J. Liq. Chrom. & Rel. Technol. 24, 1511-1514 (2001). TLC of a peptidoglycan monomer (PGM) (GlcNAc-MurNAc-L-Ala-D-isoglutaminyl-meso-diamino-pimelyl-D-Ala-D-Ala), some metals and their complexes on cellulose with n-propanol - NH3 - water 7:3:1 and n-butanol - ethyl acetate - acetic acid - water 1:1:1:1. Detection of the metal complexes by e.g. dipping the plate in a 0.25% solution of (1-(2-pyridylazo-2-naphthol)) in ethanol. Detection of PGM by dipping in 0.2% ethanolic ninhydrin solution and heating at 110°C.

Biochem. Biophys. Res. Commun. 487, 702-708 (2017). HPTLC of the reaction products of different 14C-labeled substrates of the mevalonate pathway (MVA, MVA-5-P, MVA-3-P, MVA-5-PP) and the recombinant Flavobacterium johnsoniae protein on silica gel with n-propanol – 28 % ammonia – water 6:3:1. The distribution of radioactivity on the TLC plate was detected using a suitable image analyzer.

J. Chromatogr. 387, 551- 555 (1987). HPTLC of toxic peptides from different microcystis aeruginosa strains on RP-18 with chloroform - methanol 1:1 or 2:1 and on silica with dichloromethane - methanol 2:3 or chloroform - methanol 3:1. The toxins appeared as pale blue-white spots under UV. Prior to HPTLC, the toxin extracts were purified on C18 Sep-Pak cartridges with methanol.

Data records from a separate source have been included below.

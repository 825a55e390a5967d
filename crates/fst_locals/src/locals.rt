ghost use Rattle.std.specs.Prelude.{◌≡◌, ◌≢◌, ◌∷◌, ◌<◌, [], IfSome, OnErr, OnOk, drop, length};
ghost use Rattle.fst_terms.specs.Naming.{place_of};

use fst_types::Name;
use indexmap::IndexMap;
use std::alloc::{AllocError, Global};
use std::marker::Model;

// A variable that was entered: where its name stands in the table, and the level of the variable that it hides.
#[derive(Drop)]
struct Open {
    index: usize,
    hidden: Option<usize>,
}

/// The names of the variables around a term, which are found by their bytes: contracts see the list of them, the innermost
/// first. A variable's level is how many stand around it; the table has for each name the level of the innermost one with it.
#[derive(Drop)]
pub struct Locals {
    levels: IndexMap<Vec<u8>, Option<usize>>,
    order: Vec<Open>,
}

impl Model for Locals {
    ghost use Rattle.std.specs.Prelude.{List, ℕ};
    ghost use Rattle.fst_locals.specs.Levels.{IsTable, names_in};

    ghost Value = { List (List ℕ) };

    ghost view = { λ s. names_in s.levels.entries s.order.items };

    ghost invariant = { λ s. IsTable s.levels.entries s.order.items };
}

impl Locals {
    /// No variables.
    pub fn new(alloc: Global) -> Locals
        ensures { result ≡ [] }
    {
        Locals {
            levels: IndexMap::new(alloc),
            order: Vec::new(alloc),
        }
    }

    /// Enters a variable, which hides those around with its name; where there is no room, nothing changes.
    pub fn enter(&mut self, alloc: Global, name: &Name) -> Result<(), AllocError>
        ensures entered { OnOk result (self.new ≡ name.now ∷ self.old) }
        ensures unchanged { OnErr result (self.new ≡ self.old) }
    {
        let key = Vec::from_slice(alloc, name.as_slice())?;
        self.order.reserve(1)?;
        let level = self.order.len();
        let (index, known) = self.levels.insert_full(key, Some(level))?;
        self.order.push(Open {
            index,
            hidden: known.flatten(),
        })?;
        Ok(())
    }

    /// Leaves the innermost variable.
    pub fn leave(&mut self)
        requires { self.old ≢ [] }
        ensures { self.new ≡ drop 1 self.old }
    {
        if let Some(open) = self.order.pop() {
            if let Some(level) = self.levels.get_index_mut(open.index) {
                *level = open.hidden;
            }
        }
    }

    /// The number of the innermost variable with a name, counted from 0 outward.
    pub fn number_of(&self, name: &Name) -> Option<usize>
        ensures number { result ≡ place_of self.now name.now }
        ensures within { IfSome result (λ k. k < length self.now) }
    {
        let level = self.levels.get(name.as_slice()).copied().flatten()?;
        Some(self.order.len() - 1 - level)
    }
}
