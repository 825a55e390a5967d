//! Values that a task is given.

ghost use Rattle.std.specs.Prelude.{◌≡◌, IfOk, option_copied, option_map};
ghost use Rattle.fst_value.specs.ValueTree.{end, pair};
ghost use Rattle.fst_vm.specs.Moves.{end_on, spare_for};
ghost use Rattle.fst_vm.specs.Scalars.{brought};
ghost use Rattle.fst_machine.specs.Spots.{ends_of, of_scalar};
ghost use Rattle.fst_machine.specs.Values.{received};

use fst_types::{ChannelName, EndName, Event, Side};
use fst_value::{Form, Stack, Value, copy};
use std::alloc::{AllocError, Global};

// A pair of two values.
pub(crate) fn pair(alloc: Global, first: Value, second: Value) -> Result<Value, AllocError>
    ensures { IfOk result (λ v. v ≡ pair first second) }
{
    let mut stack = Stack::new(alloc);
    stack.replace(0, first)?;
    stack.replace(0, second)?;
    stack.join_pair()?;
    Ok(stack.pop().unwrap())
}

fn end(alloc: Global, channel: &ChannelName, side: Side) -> Result<Value, AllocError>
    ensures { IfOk result (λ v. v ≡ end (record { channel = channel.now; side = side })) }
{
    let channel = channel.copy(alloc)?;
    let value = Value::end(alloc, EndName { channel, side })?;
    Ok(value)
}

/// The two ends of a channel as a pair.
pub(crate) fn ends_of(alloc: Global, channel: &ChannelName) -> Result<Value, AllocError>
    ensures { IfOk result (λ v. v ≡ ends_of channel.now) }
{
    let left = end(alloc, channel, Side::Left)?;
    let right = end(alloc, channel, Side::Right)?;
    let both = pair(alloc, left, right)?;
    Ok(both)
}

/// The value that an event brings, if it brings one.
pub(crate) fn received(alloc: Global, event: &Event) -> Result<Option<Value>, AllocError>
    ensures { IfOk result (λ o. o ≡ option_map of_scalar (received event.now)) }
{
    let value = match event {
        Event::Int(number) => Value::int(alloc, *number)?,
        Event::Bool(truth) => Value::bool(alloc, *truth)?,
        Event::Char(character) => Value::char(alloc, *character)?,
        Event::Unit => Value::unit(alloc)?,
        Event::Label(_) => return Ok(None),
        Event::Closed => return Ok(None),
    };
    Ok(Some(value))
}

/// The last value, if it is an end.
pub(crate) fn last_end(stack: &Stack) -> Option<&Value>
    ensures { option_copied result ≡ option_map end (end_on stack.now) }
{
    let value = stack.get(0)?;
    match value.form() {
        Form::End => Some(value),
        _ => None,
    }
}

/// The pair of the unit value and the last value, if this is an end.
pub(crate) fn spare_for(alloc: Global, stack: &Stack) -> Result<Option<Value>, AllocError>
    ensures { IfOk result (λ o. o ≡ spare_for stack.now) }
{
    match last_end(stack) {
        Some(end) => {
            let both = pair(alloc, Value::unit(alloc)?, copy(alloc, end)?)?;
            Ok(Some(both))
        }
        None => Ok(None),
    }
}

/// The form of the value that an event brings, if it brings one.
pub(crate) fn brought(event: &Event) -> Option<Form>
    ensures { result ≡ brought event.now }
{
    match event {
        Event::Int(number) => Some(Form::Int(*number)),
        Event::Bool(truth) => Some(Form::Bool(*truth)),
        Event::Char(character) => Some(Form::Char(*character)),
        Event::Unit => Some(Form::Unit),
        Event::Label(_) => None,
        Event::Closed => None,
    }
}
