//! The variables around a term: which one a name stands for, counted from the innermost outward.
#![tactic(auto)]

mod locals;

pub use locals::Locals;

J. of Medicinal Chemistry 32, 174-179 (1989). TLC on silica with 1-butanol - acetic acid - pyridine - water 5:5:4:1, 2-propanol - 25% NH3 - water 3:1:1, ethyl acetate - pyridine - acetic acid - 5:5:1:3 and butanol - acetic acid - water 4:1:5. Visualization with ninhydrin, fluorescamine and iodine vapor.

J. of Medicinal Chemistry 32, 880-884 (1989). TLC of peptides on silica with butanol - ethyl acetate - acetic acid - water 1:1:1:1 and butanol - acetic acid - water 4:1:5. Visualization with 10% bleach-1% KI-starch.

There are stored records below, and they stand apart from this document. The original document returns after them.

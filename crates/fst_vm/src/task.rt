ghost use Rattle.std.specs.Prelude.{◌≡◌, ◌<◌, ◌++◌, ◌∷◌, [], suc, false, true, IfOk, IsOk, OnOk, OnErr, IfErr};
ghost use Rattle.fst_machine.specs.declared.request.Answer.TheVariants.{Forked};
ghost use Rattle.fst_vm.specs.Moves.{ends_in_slots};
ghost use Rattle.fst_vm.specs.Tasks.{AsksFor, Forks, GoesOn, HasEnded, HasNext, IsAtRest, IsChild, IsResult, IsStart, Stays, Takes, forked_after, is_exchange, readied};

use crate::answers::{child_at, tell_ready};
use crate::requests::request_at;
use crate::running::Running;
use crate::slots::Slots;
use crate::values::spare_for;
use fst_machine::{Answer, Code, Request};
use fst_types::{EndName, Path};
use fst_value::Value;
use std::alloc::{AllocError, Global};
use std::marker::Model;

// The path of the task that is forked next.
fn child_path(alloc: Global, path: &Path, forked: u32) -> Result<Path, AllocError>
    requires { forked < 4294967295 }
    ensures { IfOk result (λ p. p ≡ path.now ++ suc forked ∷ []) }
{
    let mut numbers = Vec::from_slice(alloc, path.as_slice())?;
    numbers.push(forked + 1)?;
    let made = Path::of(alloc, &numbers)?;
    Ok(made)
}

// How many tasks it has forked after an answer.
fn forked_after(answer: &Answer, forked: u32) -> u32
    requires { answer.now ≡ Forked → forked < 4294967295 }
    ensures { result ≡ forked_after answer.now forked }
{
    match answer {
        Answer::Forked => forked + 1,
        _ => forked,
    }
}

/// A task: its path, how many tasks it has forked, where its code runs, and whether it has the room to go on after what it
/// sends or receives.
#[derive(Drop)]
pub struct Task {
    alloc: Global,
    path: Path,
    forked: u32,
    running: Running,
    ready: bool,
    // where the task is ready and its last value is an end, the pair of the unit value and the end
    spare: Option<Value>,
}

impl Model for Task {
    ghost use Rattle.fst_vm.specs.TaskView.{TaskView};
    ghost use Rattle.fst_vm.specs.TaskCode.{task_code};

    ghost Value = { TaskView };

    ghost coded = { task_code };

    ghost use Rattle.std.specs.Prelude.{◌≡◌, true};
    ghost use Rattle.fst_vm.specs.Moves.{spare_for};

    ghost view = { λ t. record {
      path = t.path;
      forked = t.forked;
      spot = t.running;
      ready =
          t.ready;
    } };

    ghost invariant = { λ t. t.ready ≡ true → t.spare ≡ spare_for t.running.operands };
}

impl Task {
    /// The task of `main`, at the beginning of its body.
    pub fn start(alloc: Global, code: &Code) -> Result<Task, AllocError>
        ensures { IfOk result (IsStart code.now) }
    {
        let path = Path::of(alloc, &[0])?;
        let running = Running::at(alloc, code.code.len() as u64, Slots::new(alloc));
        Ok(Task {
            alloc,
            path,
            forked: 0,
            running,
            ready: false,
            spare: None,
        })
    }

    /// The path of the task.
    pub fn path(&self) -> &Path
        ensures { result.now ≡ self.now.path }
    {
        &self.path
    }

    // Runs on to where something is asked for. Where it stands there already, it is as ready as it was.
    fn run_on(&mut self, code: &Code) -> Result<(), AllocError>
        requires { ∥ HasNext code.now self.old ∥₁ }
        ensures stays { Stays code.now self.old self.new }
        ensures rests { OnOk result (IsAtRest code.now self.new) }
        ensures kept { IsAtRest code.now self.old → self.new.ready ≡ self.old.ready }
    {
        let moved = self.running.step(self.alloc, code)?;
        if moved {
            self.ready = false;
            self.running.run_on(self.alloc, code)?;
        }
        Ok(())
    }

    /// What the task asks for next, the same where this was asked before. Where memory is wanting, it is in the state in which
    /// it was.
    pub fn advance(&mut self, code: &Code) -> Result<Request, AllocError>
        requires { ∥ HasNext code.now self.old ∥₁ }
        ensures stays { Stays code.now self.old self.new }
        ensures asked { IfOk result (AsksFor code.now self.old) }
        ensures rests { OnOk result (IsAtRest code.now self.new) }
        ensures kept { IsAtRest code.now self.old → self.new.ready ≡ self.old.ready }
    {
        self.run_on(code)?;
        let request = request_at(self.alloc, code, &self.running)?;
        Ok(request.unwrap())
    }

    /// Takes the room that the answer to what it sends or receives needs, whatever its code. Where memory is wanting, the task is
    /// as it was.
    pub fn ready(&mut self, _code: &Code) -> Result<(), AllocError>
        ensures ready { OnOk result (self.new ≡ readied self.old) }
        ensures unchanged { OnErr result (self.new ≡ self.old) }
    {
        let spare = spare_for(self.alloc, &self.running.stack)?;
        self.spare = spare;
        self.ready = true;
        Ok(())
    }

    /// Goes on after an answer to what `advance` answered. Where memory is wanting, the answer comes back and the task is as
    /// it was; none is wanting where the task is ready and the answer is one to what it sent or received.
    pub fn resume(&mut self, code: &Code, answer: Answer) -> Result<(), (Answer, AllocError)>
        requires { ∥ Takes code.now self.old answer ∥₁ }
        ensures goes_on { OnOk result (GoesOn code.now self.old answer self.new) }
        ensures back { IfErr result (λ p. (p.0 ≡ answer) × (self.new ≡ self.old)) }
        ensures sure { self.old.ready ≡ true → is_exchange answer ≡ true → IsOk result }
    {
        match tell_ready(
            self.alloc,
            code,
            &answer,
            self.ready,
            &mut self.spare,
            &mut self.running,
        ) {
            Ok(_) => {}
            Err(e) => return Err((answer, e)),
        }
        self.forked = forked_after(&answer, self.forked);
        self.ready = false;
        Ok(())
    }

    /// The task that a fork makes, and the ends that its variables have, from the innermost outward, each as often as it
    /// stands there.
    pub fn child(&self, code: &Code) -> Result<(Task, Vec<EndName>), AllocError>
        requires { ∥ Forks code.now self.now ∥₁ }
        ensures child { IfOk result (λ p. IsChild code.now self.now p.0) }
        ensures ends { IfOk result (λ p. p.1.items ≡ ends_in_slots p.0.spot.slots) }
    {
        let running = child_at(self.alloc, code, &self.running)?.unwrap();
        let ends = running.slots.ends(self.alloc)?;
        let path = child_path(self.alloc, &self.path, self.forked)?;
        let task = Task {
            alloc: self.alloc,
            path,
            forked: 0,
            running,
            ready: false,
            spare: None,
        };
        Ok((task, ends))
    }

    /// The value of a task that has ended.
    pub fn result(self) -> Value
        requires { ∥ HasEnded self ∥₁ }
        ensures { IsResult self result }
    {
        let mut running = self.running;
        running.stack.pop().unwrap()
    }
}
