//! What a usual start-up waits for, in the machine and in the start-up registers beside it, and what RESETS holds.
#![tactic(auto)]

ghost use Rattle.startup_laws.specs.Held.{AHeldBlockStays};
ghost use Rattle.startup_laws.specs.Waits.{AStartUpWaitsForNothing};

use dma_engine::laws::an_engine_at_reset_never_acts;
use pio_block::laws::a_block_at_reset_never_acts;
use startup_blocks::laws::{
    clocks_are_selected_at_once, oscillator_and_plls_are_ready, the_tick_runs_at_once,
};

/// Each wait of a usual start-up is over as soon as it begins: for STABLE of XOSC, LOCK of both PLLs, the selected sources of CLK_REF and
/// CLK_SYS, RUNNING of TICK, and the bits of RESET_DONE.
pub fn a_start_up_waits_for_nothing()
    ensures { AStartUpWaitsForNothing }
{
    oscillator_and_plls_are_ready();
    clocks_are_selected_at_once();
    the_tick_runs_at_once();
}

/// The DMA engine and the PIO blocks are in their reset states as long as RESETS holds them, whatever the others do; they read as 0 then,
/// and no access changes them.
pub fn a_held_block_stays()
    ensures { AHeldBlockStays }
{
    an_engine_at_reset_never_acts();
    a_block_at_reset_never_acts();
}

J. Peking Univ. (Beijing Daxue Xuebao) 28, 178-184 (1992). Determination of the RM values of a series of dermorphin - related oligopeptides by TLC. Discussion of the influence of the functional group on RM values.

CBS 85, 4-5 (2000). HPTLC of peptide fragment A on lichrospher silica gel with dichloromethane over 50 mm. Quantitative determination by absorbance measurement at 250 nm. Precision is 0.23 % (n=10 at 50 ng) and repeatability 2.9 % (n=30 over 5 plates at 50 ng), recovery is found to be 104 % at 50 ng.

J. Planar Chromatogr. 30, 375-385 (2017). HPTLC of synthetic peptides on silica gel and RP-18 with water and methanol with the addition of proper ion-pairing reagent to study the influence of metallic impurities on the retention and efficiency of separation of peptides. Detection by dipping into 2 % ninhydrin solution in acetone ‒ methanol ‒ glacial acetic acid 25:25:2. The contents of trace elements in areas scraped off from the chromatographic plates were determined by flame technique of atomic absorption spectrometry. The impurities present in the adsorbents may cause characteristic disruption of solute zone shape and overall distortion of the chromatogram during the development.